◆ **Material provided**:

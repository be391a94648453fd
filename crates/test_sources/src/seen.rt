//! Readers, writers and notes that keep what a run did with them.

use jiff::Timestamp;
use std::alloc::{AllocError, Global};
use std::io;
use std::io::{BufReader, Read, Write};
use test_support::lined_over;
use tracing_tree::format::Wrap;
use tracing_tree::layered::Layered;
use tracing_tree::lines::LineFault;
use tracing_tree::time::Moment;
use ttree_source::{Notes, Problem, Source, draw_source};

pub const START: Moment = Moment {
    mono: 0,
    wall: Timestamp::UNIX_EPOCH,
};

// Stores what is skipped, and continues.
#[derive(Drop)]
pub struct Skipped {
    pub lines: Vec<(u64, Problem)>,
}

impl Skipped {
    pub fn new(alloc: Global) -> Skipped {
        Skipped {
            lines: Vec::new(alloc),
        }
    }
}

impl Notes for Skipped {
    fn note(&mut self, number: u64, problem: Problem, _line: &[u8]) -> bool {
        self.lines.push((number, problem)).is_ok()
    }
}

// Keeps how many bytes were written before each flush.
#[derive(Drop)]
pub struct Counting {
    bytes: usize,
    pub shown: Vec<usize>,
}

impl Write for Counting {
    fn write(&mut self, bytes: &[u8]) -> io::Result<usize> {
        self.bytes = self.bytes.wrapping_add(bytes.len());
        Ok(bytes.len())
    }

    fn flush(&mut self) -> io::Result<()> {
        self.shown.push(self.bytes)?;
        Ok(())
    }
}

// Gives a line at a time.
#[derive(Drop)]
pub struct ByLine<'a> {
    pub rest: &'a [u8],
}

impl Read for ByLine<'_> {
    fn read(&mut self, buf: &mut [u8]) -> io::Result<usize> {
        let line = match self.rest.iter().position(|byte| *byte == b'\n') {
            Some(at) => at.saturating_add(1),
            None => self.rest.len(),
        };
        let (given, rest) = self.rest.split_at(line.min(buf.len()).min(self.rest.len()));
        buf[..given.len()].copy_from_slice(given);
        self.rest = rest;
        Ok(given.len())
    }
}

pub type Drawn = Layered<Wrap<Counting>, ()>;

pub fn drawn(alloc: Global) -> Result<Box<Drawn>, AllocError> {
    let counting = Counting {
        bytes: 0,
        shown: Vec::new(alloc),
    };
    lined_over(alloc, Wrap::new(counting))
}

// What a run of a source left: the skipped lines, what ended it, and how many bytes were written
// before each flush.
#[derive(Drop)]
pub struct Outcome {
    pub noted: Vec<(u64, Problem)>,
    pub fault: Option<LineFault>,
    pub shown: Vec<usize>,
}

// Runs a source over a reader with room for 64 KiB.
pub fn interpreted<S: Source, R: Read + Drop>(
    alloc: Global,
    source: &mut S,
    reader: R,
) -> Result<Box<Outcome>, AllocError> {
    let mut notes = Skipped::new(alloc);
    let mut layered = drawn(alloc)?;
    let Ok(mut lines) = BufReader::with_capacity(alloc, 64 * 1024, reader) else {
        return Err(AllocError);
    };
    let run = draw_source(alloc, source, &mut lines, &mut *layered, &mut notes);
    let outcome = Outcome {
        noted: notes.lines,
        fault: run.fault,
        shown: shown_by(layered),
    };
    Ok(Box::new(alloc, outcome)?)
}

// Returns how many bytes were written before each flush.
fn shown_by(layered: Box<Drawn>) -> Vec<usize> {
    let (_registry, layer) = Box::into_inner(layered).into_parts();
    layer.into_writer().into_inner().shown
}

◆ **Task to carry out**: Take every line above that includes "Timestamp" and list it.

◆ **Written response**:
use jiff::Timestamp;
    wall: Timestamp::UNIX_EPOCH,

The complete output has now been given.